▶ [Prompt] Scan the records below and copy every line that contains the string "match".

>>>

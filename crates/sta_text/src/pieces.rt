//! The pieces of a text: tokens, and what is passed over between them.

ghost use Rattle.std.specs.Prelude.{◌≡◌, ◌≤◌, length};
ghost use Rattle.sta_text.specs.Pieces.{is_fresh, passed, made, string_piece, comment_piece, word_piece, liberty_piece, verilog_piece, tcl_listed, tcl_bracketed, tcl_plain, tcl_inner, tcl_piece, spef_piece, script_piece, piece};

use crate::bytes::{
    WordSort, begins, closing, comment_len, continues, graphic_len, identifier_len, inside_len,
    is_blank, is_graphic, is_identifier_start, is_liberty_mark, is_white, line_end_len, line_len,
    number_len, word_len,
};
use timing_defs::{Sort, Style};

/// Where a piece stands: at the begin of a line (in Tcl, where a command may begin), within it, in
/// a list in braces, in brackets, or in a list in brackets.
#[derive(Clone, Copy, Drop)]
pub(crate) enum Context {
    Fresh,
    Within,
    InList,
    InBrackets,
    InBracketList,
}

/// A piece of a text: how many bytes it has behind its first one, its sort where it is a token, and
/// where the next piece stands.
#[derive(Clone, Copy, Drop)]
pub(crate) struct Piece {
    pub more: usize,
    pub sort: Option<Sort>,
    pub context: Context,
}

fn is_fresh(context: Context) -> bool
    ensures { result ≡ is_fresh context }
{
    match context {
        Context::Fresh => true,
        _ => false,
    }
}

fn passed(more: usize, context: Context) -> Piece
    ensures { result ≡ passed more context }
{
    Piece {
        more,
        sort: None,
        context,
    }
}

fn made(sort: Sort, more: usize, context: Context) -> Piece
    ensures { result ≡ made sort more context }
{
    Piece {
        more,
        sort: Some(sort),
        context,
    }
}

fn string_piece(rest: &[u8]) -> Piece
    ensures value { result ≡ string_piece rest.now }
    ensures within { result.more ≤ length rest.now }
{
    let len = inside_len(rest);
    if len < rest.len() {
        made(Sort::Quoted, len + 1, Context::Within)
    } else {
        made(Sort::Bad, rest.len(), Context::Within)
    }
}

fn comment_piece(last: u8, rest: &[u8]) -> Piece
    ensures value { result ≡ comment_piece last rest.now }
    ensures within { result.more ≤ length rest.now }
{
    match rest.split_first() {
        None => made(Sort::Bad, 0, Context::Within),
        Some((_, inner)) => match closing(last, inner) {
            None => made(Sort::Bad, inner.len() + 1, Context::Within),
            Some(len) => passed(len + 1, Context::Within),
        },
    }
}

fn word_piece(kind: WordSort, first: u8, rest: &[u8], context: Context) -> Piece
    ensures value { result ≡ word_piece kind first rest.now context }
    ensures within { result.more ≤ length rest.now }
{
    made(Sort::Word, word_len(kind, first, rest), context)
}

#[tactic(auto, unfolding(crate::specs::Pieces::liberty_piece))]
fn liberty_piece(first: u8, rest: &[u8]) -> Piece
    ensures value { result ≡ liberty_piece first rest.now }
    ensures within { result.more ≤ length rest.now }
{
    if is_blank(first) || first == b'\r' {
        passed(0, Context::Within)
    } else if first == b'\n' {
        made(Sort::LineEnd, 0, Context::Within)
    } else if first == b'"' {
        string_piece(rest)
    } else if first == b'/' && begins(b'*', rest) {
        comment_piece(b'/', rest)
    } else if continues(first, rest) {
        passed(line_end_len(rest), Context::Within)
    } else if is_liberty_mark(first) {
        made(Sort::Mark, 0, Context::Within)
    } else if is_graphic(first) {
        word_piece(WordSort::Attribute, first, rest, Context::Within)
    } else {
        made(Sort::Bad, 0, Context::Within)
    }
}

#[tactic(auto, unfolding(crate::specs::Pieces::verilog_piece))]
fn verilog_piece(context: Context, first: u8, rest: &[u8]) -> Piece
    ensures value { result ≡ verilog_piece context first rest.now }
    ensures within { result.more ≤ length rest.now }
{
    if first == b'\n' {
        passed(0, Context::Fresh)
    } else if is_white(first) {
        passed(0, Context::Within)
    } else if first == b'`' && is_fresh(context) {
        passed(line_len(rest), Context::Within)
    } else if first == b'/' && begins(b'/', rest) {
        passed(line_len(rest), Context::Within)
    } else if first == b'/' && begins(b'*', rest) {
        comment_piece(b'/', rest)
    } else if first == b'(' && begins(b'*', rest) {
        comment_piece(b')', rest)
    } else if first == b'\\' && 0 < graphic_len(rest) {
        made(Sort::Word, graphic_len(rest), Context::Within)
    } else if is_identifier_start(first) {
        made(Sort::Word, identifier_len(rest), Context::Within)
    } else if first.is_ascii_digit() {
        made(Sort::Word, number_len(rest), Context::Within)
    } else if is_graphic(first) {
        made(Sort::Mark, 0, Context::Within)
    } else {
        made(Sort::Bad, 0, Context::Within)
    }
}

fn tcl_listed(here: Context, outside: Context, first: u8, rest: &[u8]) -> Piece
    ensures value { result ≡ tcl_listed here outside first rest.now }
    ensures within { result.more ≤ length rest.now }
{
    if first == b'}' {
        made(Sort::Mark, 0, outside)
    } else if first == b'{' || first == b']' {
        made(Sort::Mark, 0, here)
    } else {
        word_piece(WordSort::Listed, first, rest, here)
    }
}

fn tcl_bracketed(first: u8, rest: &[u8]) -> Piece
    ensures value { result ≡ tcl_bracketed first rest.now }
    ensures within { result.more ≤ length rest.now }
{
    if first == b']' {
        made(Sort::Mark, 0, Context::Within)
    } else if first == b'{' {
        made(Sort::Mark, 0, Context::InBracketList)
    } else if first == b'[' || first == b'}' {
        made(Sort::Mark, 0, Context::InBrackets)
    } else {
        word_piece(WordSort::Bracketed, first, rest, Context::InBrackets)
    }
}

fn tcl_plain(first: u8, rest: &[u8]) -> Piece
    ensures value { result ≡ tcl_plain first rest.now }
    ensures within { result.more ≤ length rest.now }
{
    if first == b'{' {
        made(Sort::Mark, 0, Context::InList)
    } else if first == b'[' {
        made(Sort::Mark, 0, Context::InBrackets)
    } else if first == b']' || first == b'}' {
        made(Sort::Mark, 0, Context::Within)
    } else {
        word_piece(WordSort::Command, first, rest, Context::Within)
    }
}

fn tcl_inner(context: Context, first: u8, rest: &[u8]) -> Piece
    ensures value { result ≡ tcl_inner context first rest.now }
    ensures within { result.more ≤ length rest.now }
{
    match context {
        Context::InList => tcl_listed(Context::InList, Context::Within, first, rest),
        Context::InBracketList => {
            tcl_listed(Context::InBracketList, Context::InBrackets, first, rest)
        }
        Context::InBrackets => tcl_bracketed(first, rest),
        Context::Fresh | Context::Within => tcl_plain(first, rest),
    }
}

#[tactic(auto, unfolding(crate::specs::Pieces::tcl_piece))]
fn tcl_piece(context: Context, first: u8, rest: &[u8]) -> Piece
    ensures value { result ≡ tcl_piece context first rest.now }
    ensures within { result.more ≤ length rest.now }
{
    if is_blank(first) {
        passed(0, context)
    } else if first == b'\n' {
        made(Sort::LineEnd, 0, Context::Fresh)
    } else if first == b'\r' && begins(b'\n', rest) {
        made(Sort::LineEnd, 1, Context::Fresh)
    } else if continues(first, rest) {
        passed(line_end_len(rest), context)
    } else if first == b'#' && is_fresh(context) {
        passed(comment_len(first, rest), Context::Fresh)
    } else if first == b';' {
        made(Sort::Mark, 0, Context::Fresh)
    } else if is_graphic(first) {
        tcl_inner(context, first, rest)
    } else {
        made(Sort::Bad, 0, context)
    }
}

#[tactic(auto, unfolding(crate::specs::Pieces::spef_piece))]
fn spef_piece(first: u8, rest: &[u8]) -> Piece
    ensures value { result ≡ spef_piece first rest.now }
    ensures within { result.more ≤ length rest.now }
{
    if is_white(first) {
        passed(0, Context::Within)
    } else if first == b'"' {
        string_piece(rest)
    } else if first == b'/' && begins(b'/', rest) {
        passed(line_len(rest), Context::Within)
    } else if first == b'/' && begins(b'*', rest) {
        comment_piece(b'/', rest)
    } else if is_graphic(first) {
        word_piece(WordSort::Hierarchical, first, rest, Context::Within)
    } else {
        made(Sort::Bad, 0, Context::Within)
    }
}

#[tactic(auto, unfolding(crate::specs::Pieces::script_piece))]
fn script_piece(first: u8, rest: &[u8]) -> Piece
    ensures value { result ≡ script_piece first rest.now }
    ensures within { result.more ≤ length rest.now }
{
    if is_blank(first) {
        passed(0, Context::Within)
    } else if first == b'\n' {
        made(Sort::LineEnd, 0, Context::Within)
    } else if is_graphic(first) {
        made(Sort::Word, graphic_len(rest), Context::Within)
    } else {
        made(Sort::Bad, 0, Context::Within)
    }
}

/// The piece at the front of a text, given its first byte and the others.
pub(crate) fn front(style: Style, context: Context, first: u8, rest: &[u8]) -> Piece
    ensures value { result ≡ piece style context first rest.now }
    ensures within { result.more ≤ length rest.now }
{
    match style {
        Style::Liberty => liberty_piece(first, rest),
        Style::Verilog => verilog_piece(context, first, rest),
        Style::Tcl => tcl_piece(context, first, rest),
        Style::Spef => spef_piece(first, rest),
        Style::Script => script_piece(first, rest),
    }
}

<<<

▶ [Your solution]
    match context {
    match rest.split_first() {
        Some((_, inner)) => match closing(last, inner) {
    match context {
    match style {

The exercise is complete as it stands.